*Exercise*
In the records that follow, show each line where the word "number" is present.

• • • •

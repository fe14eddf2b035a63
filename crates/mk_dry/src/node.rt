//! Nodes: each is decided, and is kept, refused or shown.
ghost use Rattle.std.specs.Prelude.{◌≡◌, ◌+◌, ◌&&◌, length, get_or, not, IfOk, OnOk};
ghost use Rattle.mk_child.specs.declared.halt.Halt.TheVariants as halts;
ghost use Rattle.mk_dry.specs.Parts.{CarriesOut, IsAlone, IsCarriedOut, IsDue, IsGoneTo, IsNext};
ghost use Rattle.mk_dry.specs.Parts.{Passes, point};
ghost use Rattle.mk_dry.specs.Progress.{is_there};
ghost use Rattle.mk_plan.specs.Deciding as spec;
ghost use Rattle.mk_plan.specs.declared.plan.NodeState.TheVariants as states;
ghost use Rattle.mk_world.specs.Causes.{HasCause};

use crate::course::Course;
use crate::line::show_lines;
use mk_child::{Halt, note_failure};
use mk_decision::{Decision, Maker, decide_on};
use mk_flags::Flags;
use mk_graph::Made;
use mk_plan::{NodeState, Plan};
use mk_trace::{Event, Failure, tell};
use mk_world::{Kids, Sink, Time, World};
use std::alloc::Global;

// Whether a node is settled.
fn is_settled(nodes: &[NodeState], node: u32) -> bool
    ensures { result ≡ spec.is_settled (get_or nodes.now node states.Undecided) }
{
    matches!(nodes.get(node as usize), Some(NodeState::Settled))
}

// Whether all these nodes are settled.
fn are_settled(nodes: &[NodeState], before: &[u32]) -> bool
    ensures { result ≡ spec.all_settled nodes.now before.now }
{
    for one in before {
        if !is_settled(nodes, *one) {
            return false;
        }
    }
    true
}

/// Whether there was a failure, and the run stops at the first one.
pub fn is_stopped_by(flags: &Flags, failure: &Option<Failure>) -> bool
    ensures { result ≡ (not flags.now.keep_going && is_there failure.now) }
{
    !flags.keep_going && failure.is_some()
}

// Carries out the decision of a node. Gives how the node then stands.
fn carry_out<W: World, S: Sink>(
    alloc: Global,
    made: &Made,
    flags: &Flags,
    world: &mut W,
    out: &mut S,
    kids: &mut Kids<W::Kid>,
    course: &mut Course,
    node: u32,
    decision: Decision,
) -> Result<NodeState, Halt>
    requires alone { IsAlone (W.runs world.old) kids.old.tickets kids.old.room }
    requires due { IsDue made.now flags.now course.old node }
    ensures goes { CarriesOut W.meaning made.now flags.now node decision
        (point (W.history world.old) (S.held out.old) course.old)
        (point (W.history world.new) (S.held out.new) course.new) result }
    ensures carried { IsCarriedOut made.now flags.now course.old course.new result }
    ensures alone { IfOk result (λ stands. IsAlone (W.runs world.new) kids.new.tickets kids.new.room) }
    ensures world_cause { HasCause halts.World (W.faults world.old) (W.faults world.new) result }
    ensures sink_cause { HasCause halts.Sink (S.faults out.old) (S.faults out.new) result }
    ensures children { W.runs world.new kids.new.tickets }
{
    match decision {
        Decision::Keep => tell(&mut course.events, Event::Kept(node))?,
        Decision::Refuse(number, what) => {
            let Ok(()) = tell(&mut course.events, Event::Refused(node, number)) else {
                drop(what);
                return Err(Halt::NoMemory);
            };
            note_failure(&mut course.failure, Failure::Expand(node, number, what));
            return Ok(NodeState::Failed);
        }
        Decision::Make(task, _) => {
            course.plan.count_as_new(node);
            let failure = &mut course.failure;
            let events = &mut course.events;
            let shown = show_lines(alloc, made, world, out, kids, events, failure, node, &task);
            drop(task);
            return shown;
        }
    }
    Ok(NodeState::Settled)
}

// Decides a node that is ready, and carries that out.
fn make_node<W: World, S: Sink>(
    alloc: Global,
    made: &Made,
    flags: &Flags,
    world: &mut W,
    out: &mut S,
    kids: &mut Kids<W::Kid>,
    course: &mut Course,
    node: u32,
) -> Result<(), Halt>
    requires alone { IsAlone (W.runs world.old) kids.old.tickets kids.old.room }
    requires due { IsDue made.now flags.now course.old node }
    ensures goes { Passes W.meaning made.now flags.now node
        (point (W.history world.old) (S.held out.old) course.old)
        (point (W.history world.new) (S.held out.new) course.new) result }
    ensures gone { OnOk result (IsGoneTo made.now flags.now course.new (node + 1)) }
    ensures length { length course.new.plan ≡ length course.old.plan }
    ensures alone { OnOk result (IsAlone (W.runs world.new) kids.new.tickets kids.new.room) }
    ensures world_cause { HasCause halts.World (W.faults world.old) (W.faults world.new) result }
    ensures sink_cause { HasCause halts.Sink (S.faults out.old) (S.faults out.new) result }
    ensures children { W.runs world.new kids.new.tickets }
{
    let maker = Maker {
        alloc,
        plan: &course.plan,
        made,
        flags,
    };
    let decision = decide_on(&maker, world, node, &mut Time(0))?;
    let stands = carry_out(alloc, made, flags, world, out, kids, course, node, decision)?;
    course.nodes[node as usize] = stands;
    Ok(())
}

/// Goes through the next node: it is decided where all that it waits for is settled, and passed
/// over where not.
pub fn pass_node<W: World, S: Sink>(
    alloc: Global,
    made: &Made,
    flags: &Flags,
    world: &mut W,
    out: &mut S,
    kids: &mut Kids<W::Kid>,
    course: &mut Course,
    node: u32,
) -> Result<(), Halt>
    requires alone { IsAlone (W.runs world.old) kids.old.tickets kids.old.room }
    requires next { IsNext made.now flags.now course.old node }
    ensures goes { Passes W.meaning made.now flags.now node
        (point (W.history world.old) (S.held out.old) course.old)
        (point (W.history world.new) (S.held out.new) course.new) result }
    ensures gone { OnOk result (IsGoneTo made.now flags.now course.new (node + 1)) }
    ensures length { length course.new.plan ≡ length course.old.plan }
    ensures alone { OnOk result (IsAlone (W.runs world.new) kids.new.tickets kids.new.room) }
    ensures world_cause { HasCause halts.World (W.faults world.old) (W.faults world.new) result }
    ensures sink_cause { HasCause halts.Sink (S.faults out.old) (S.faults out.new) result }
    ensures children { W.runs world.new kids.new.tickets }
{
    let before = course.plan.before(node).as_slice();
    if !are_settled(course.nodes.as_slice(), before) {
        return Ok(());
    }
    make_node(alloc, made, flags, world, out, kids, course, node)
}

• • • •

*The answer*
        Decision::Refuse(number, what) => {
            let Ok(()) = tell(&mut course.events, Event::Refused(node, number)) else {
            note_failure(&mut course.failure, Failure::Expand(node, number, what));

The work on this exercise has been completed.